[Excerpts from a dataset]
┌──

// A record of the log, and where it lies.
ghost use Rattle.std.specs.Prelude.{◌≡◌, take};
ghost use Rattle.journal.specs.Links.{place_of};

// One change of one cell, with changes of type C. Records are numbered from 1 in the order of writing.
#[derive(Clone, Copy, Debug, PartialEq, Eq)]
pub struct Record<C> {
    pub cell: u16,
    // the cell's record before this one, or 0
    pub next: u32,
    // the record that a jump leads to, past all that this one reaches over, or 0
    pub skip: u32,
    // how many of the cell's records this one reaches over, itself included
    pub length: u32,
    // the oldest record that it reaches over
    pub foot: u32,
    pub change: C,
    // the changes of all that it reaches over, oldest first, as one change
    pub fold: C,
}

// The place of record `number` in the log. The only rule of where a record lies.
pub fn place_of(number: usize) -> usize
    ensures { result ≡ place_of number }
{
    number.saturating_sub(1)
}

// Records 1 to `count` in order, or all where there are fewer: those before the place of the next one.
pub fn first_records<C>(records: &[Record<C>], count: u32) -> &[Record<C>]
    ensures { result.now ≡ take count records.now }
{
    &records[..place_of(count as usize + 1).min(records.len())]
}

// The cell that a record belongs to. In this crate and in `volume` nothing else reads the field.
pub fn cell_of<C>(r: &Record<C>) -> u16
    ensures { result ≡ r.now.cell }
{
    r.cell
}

└──

What you are asked to do: What must be transcribed is the run of lines from the one containing "pub fn cell_of<C>(r: &Record<C>) -> u16" to the last line of the data above, inclusive, and only that.

Written answer:
pub fn cell_of<C>(r: &Record<C>) -> u16
    ensures { result ≡ r.now.cell }
{
    r.cell
}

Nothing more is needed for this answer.